David Rientjes <rientjes@xxxxxxxxxx> · Thu, 10 Mar 2022 10:46:22 -0800 (PST)

On Thu, 10 Mar 2022, Yang Shi wrote:

> > This separates "async-hint" vs "sync-explicit" madvise requests.
> > MADV_[NO]HUGEPAGE are hints, and together with thp settings, advise
> > the kernel how to treat memory in the future. The kernel uses
> > VM_[NO]HUGEPAGE to aid with this. MADV_COLLAPSE, as an explicit
> > request, is free to define its own defrag semantics.
> >
> > This would allow flexibility to separately define async vs sync thp
> > policies. For example, highly tuned userspace applications that are
> > sensitive to unexpected latency might want to manage their hugepages
> > utilization themselves, and ask khugepaged to stay away. There is no
> > way in "always" mode to do this without setting VM_NOHUGEPAGE.
> 
> I don't quite get why you set THP to always but don't want to
> khugepaged do its job. It may be slow, I think this is why you
> introduce MADV_COLLAPSE, right?
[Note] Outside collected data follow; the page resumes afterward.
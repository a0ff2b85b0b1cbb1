//! Packing runs of tables.
use crate::digest::code;
use lsm_sorted::{KeyRange, Ranged, Run, optimize_runs};
use sst_blocks::{Error, Slice};
use std::alloc::{AllocError, Global};

/// The number of runs, the number of their tables, and a wrapping sum.
///
/// The sum is of the tables' numbers, and depends on the run and the index of each table.
#[repr(C)]
#[derive(Clone, Copy)]
pub struct Packed {
    /// The number of runs.
    pub runs: u64,
    /// The number of tables.
    pub tables: u64,
    /// The sum.
    pub sum: u64,
}

// The part of a table that packing reads.
#[derive(Drop)]
struct Span {
    number: u64,
    range: KeyRange,
}

impl Ranged for Span {
    ghost use Rattle.std.specs.Prelude.{ℕ};
    ghost use Rattle.std.proofs.Common.{ap};
    ghost use Rattle.lsm_sorted.specs.version.KeyRange.{Interval};

    type Alloc = Global;

    ghost Meaning = { ℕ × Interval };

    ghost meaning = { λ t. (t.number, t.range) };

    ghost range = { λ t. t.range };

    fn key_range(&self) -> &KeyRange {
        &self.range
    }

    ghost steady = { λ x y same. ap (λ m. m.1) same };
}

impl Clone for Span {
    ghost use Rattle.std.specs.Prelude.{◌≡◌};

    ghost is_clone = { λ span copy. copy ≡ span };

    fn clone(&self) -> Result<Span, AllocError> {
        Ok(Span {
            number: self.number,
            range: self.range.clone()?,
        })
    }
}

// The table of two keys.
fn span_of(alloc: Global, number: u64, least: &[u8], greatest: &[u8]) -> Result<Span, Error> {
    let least = Slice::from(alloc, least)?;
    let greatest = Slice::from(alloc, greatest)?;
    Ok(Span {
        number,
        range: KeyRange::new((least, greatest)),
    })
}

// A run for each table.
fn runs_of(alloc: Global, keys: &[u8], key_len: usize) -> Result<Vec<Run<Span>>, Error> {
    let mut runs = Vec::new(alloc);
    let mut rest = keys;
    for number in 0..keys.len() as u64 {
        let Some((least, after)) = rest.split_at_checked(key_len) else {
            break;
        };
        let Some((greatest, after)) = after.split_at_checked(key_len) else {
            break;
        };
        rest = after;
        let mut tables = Vec::new(alloc);
        tables.push(span_of(alloc, number, least, greatest)?)?;
        if let Some(run) = Run::new(tables) {
            runs.push(run)?;
        }
    }
    Ok(runs)
}

fn packed_of(runs: &[Run<Span>]) -> Packed {
    let mut packed = Packed {
        runs: 0,
        tables: 0,
        sum: 0,
    };
    for run in runs {
        packed.runs = packed.runs.wrapping_add(1);
        for table in run.as_slice() {
            packed.tables = packed.tables.wrapping_add(1);
            packed.sum = packed
                .sum
                .wrapping_mul(0x0000_0100_0000_01b3)
                .wrapping_add(table.number ^ packed.runs);
        }
    }
    packed
}

fn optimize(
    alloc: Global,
    keys: &[u8],
    key_len: usize,
    passes: u64,
    packed: &mut Packed,
) -> Result<(), Error> {
    let mut runs = runs_of(alloc, keys, key_len)?;
    if passes > 0 {
        runs = optimize_runs(alloc, runs)?;
    }
    *packed = packed_of(runs.as_slice());
    Ok(())
}

/// Makes a run for each table, and packs the runs into as few as possible, unless `passes` is 0.
///
/// `keys` has the least and the greatest key of each table, concatenated, all of one length.
/// `packed` describes the runs.
#[unsafe(no_mangle)]
pub extern "C" fn tool_bench_optimize_runs(
    alloc: Global,
    keys: &[u8],
    key_len: usize,
    passes: u64,
    packed: &mut Packed,
) -> u32 {
    code(optimize(alloc, keys, key_len, passes, packed))
}
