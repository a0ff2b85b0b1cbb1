//! Opens files as tables.
ghost use Rattle.std.specs.Prelude.{◌≡◌, ◌++◌, ◌∷◌, [], Any, IfErr, IfOk, OnOk, Some, false};
ghost use Rattle.std.specs.Prelude.{length, true};
ghost use Rattle.sst_tool.specs.files.Words as spec;

use crate::files::{FileError, FileFault, FileName, Place, read_file};
use lsm_files::{FileTable, ReadAt};
use lsm_readers::Table;
use sst_blocks::{Checksum, Error, Slice};
use std::alloc::Allocator;

/// Opens the bytes of a table, with no checksum to compare and with the sequence numbers as stored.
///
/// If `pinned`, the filter and the index are pinned. Otherwise only the top levels of partitions
/// are, and each read loads the blocks that it needs.
///
/// # Errors
///
/// Fails as [`Table::recover`] does.
pub fn open_bytes<A: Allocator + Copy>(
    alloc: A,
    bytes: Slice<A>,
    pinned: bool,
) -> Result<Table<A>, Error>
    ensures returned { spec.Gives (λ (t : spec.OpenTable). t.parts) result
        (spec.recovered_result bytes 0 pinned pinned) }
    ensures bytes { IfOk result (λ t. t.bytes ≡ bytes) }
    ensures recovered { IfOk result (spec.IsToldByBytes pinned) }
{
    Table::recover(alloc, bytes, Checksum(0), 0, 0, pinned, pinned)
}

/// Opens a file as a table, as [`open_bytes`] does.
///
/// # Errors
///
/// Fails as [`read_file`] does, and as [`Table::recover`] does for the file's bytes.
pub fn open_table<'a, P: Place, A: Allocator + Copy>(
    place: &P,
    alloc: A,
    path: &'a str,
    pinned: bool,
) -> Result<Table<A>, FileError<'a>>
    // The table has the bytes of the file, and is what they decode to.
    ensures recovered { IfOk result (spec.IsToldByBytes pinned) }
    ensures content { IfOk result (spec.HasContent (P.content place.now path.now)) }
    // An error names the file, and is the one that its bytes decode to.
    ensures named { IfErr result (λ e. spec.path_text e.name ≡ path.now) }
    ensures returned { IfErr result (λ e.
        spec.TellsRefused pinned (P.content place.now path.now) e.fault) }
{
    let bytes = read_file(place, alloc, path)?;
    match open_bytes(alloc, bytes, pinned) {
        Ok(table) => Ok(table),
        Err(error) => Err(FileError {
            name: FileName::Plain(path),
            fault: FileFault::Refused(error),
        }),
    }
}

/// Opens a table that stays in its file, with the sequence numbers as stored. Only top levels of
/// partitions are pinned, and each read loads the blocks that it needs.
///
/// # Errors
///
/// Fails with [`FileFault::Io`] if a read fails, and as [`Table::recover`] does for the file's
/// bytes.
pub fn open_file_table<'a, R: ReadAt + Drop, A: Allocator + Copy>(
    alloc: A,
    file: R,
    path: &'a str,
) -> Result<FileTable<R, A>, FileError<'a>>
    // The table has the bytes of the file, and is what they decode to, if they are known.
    ensures recovered { spec.AreKnown R.reads → IfOk result (spec.IsToldByBytes false) }
    ensures bytes { IfOk result (λ t. t.bytes ≡ R.bytes file) }
    // An error names the file, and is the one that its bytes decode to.
    ensures named { IfErr result (λ e. spec.path_text e.name ≡ path.now) }
    ensures returned { spec.AreKnown R.reads → IfErr result (λ e.
        spec.TellsFailure R.reads (Some (R.bytes file)) e.fault) }
{
    match FileTable::open(alloc, file, Checksum(0), 0, 0, false, false) {
        Ok(table) => Ok(table),
        Err(error) => Err(FileError {
            name: FileName::Plain(path),
            fault: FileFault::from(error),
        }),
    }
}

// Adds a table. Fails only if memory runs out.
fn add_table<'a, A: Allocator + Copy>(
    tables: &mut Vec<Table<A>, A>,
    table: Table<A>,
    path: &'a str,
) -> Result<(), FileError<'a>>
    ensures ok { OnOk result (tables.new.items ≡ tables.old.items ++ table ∷ []) }
    ensures named { IfErr result (λ e. spec.path_text e.name ≡ path.now) }
    ensures memory { IfErr result (λ e. spec.is_memory_fault e.fault ≡ true) }
{
    match tables.push(table) {
        Ok(()) => Ok(()),
        Err(_) => Err(FileError {
            name: FileName::Plain(path),
            fault: FileFault::Refused(Error::OutOfMemory),
        }),
    }
}

/// Opens files as tables, in their order.
///
/// # Errors
///
/// Fails with the error of [`open_table`] for the first file that has one, and with `OutOfMemory`.
pub fn open_tables<'a, P: Place, A: Allocator + Copy>(
    place: &P,
    alloc: A,
    paths: &[&'a str],
    pinned: bool,
) -> Result<Vec<Table<A>, A>, FileError<'a>>
    ensures each { IfOk result (λ tables. length tables.items ≡ length paths.now) }
    // Each table has the bytes of its own file, and is what they decode to.
    ensures recovered { IfOk result (λ tables.
        spec.AllByRecursion (spec.IsToldByBytes pinned) tables.items) }
    ensures numbers { IfOk result (λ tables.
        spec.AllByRecursion (λ (t : spec.OpenTable). t.global_seqno ≡ 0) tables.items) }
    ensures opened { IfOk result (λ tables.
        spec.AreOpenedFrom pinned (P.content place.now) paths.now tables.items) }
    // An error names the first file that fails, and the files before it were opened.
    ensures stops { IfErr result (spec.StopsOpening pinned (P.content place.now) paths.now) }
    ensures named { IfErr result (λ e. Any (λ path. spec.path_text e.name ≡ path.now) paths.now) }
{
    let mut tables = Vec::new(alloc);
    for path in paths {
        let table = open_table(place, alloc, path, pinned)?;
        add_table(&mut tables, table, path)?;
    }
    Ok(tables)
}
But it doesn't mean khugepaged can't
> scan the same area, it just doesn't do any real work and waste some
> cpu cycles. But I guess MADV_COLLAPSE doesn't prevent the PMD/THP from
> being split, right? So khugepaged still plays a role to re-collapse
> the area without calling MADV_COLLAPSE over again and again.
> 

My only real concern for MADV_COLLAPSE was when the span being collapsed 
includes a mixture of both VM_HUGEPAGE and VM_NOHUGEPAGE.  Does this 
collapse over the eligible memory or does it fail entirely?

I'd think it was the former, that we should respect VM_NOHUGEPAGE and only 
collapse eligible memory when doing MADV_COLLAPSE but now userspace 
struggles to know whether it was a partial collapse because of 
ineligiblity or because we just couldn't allocate a hugepage.

It has the information to figure this out on its own, so given the use of 
VM_NOHUGEPAGE for non-MADV_NOHUGEPAGE purposes, I think it makes sense to 
simply ignore these vmas as part of the collapse request.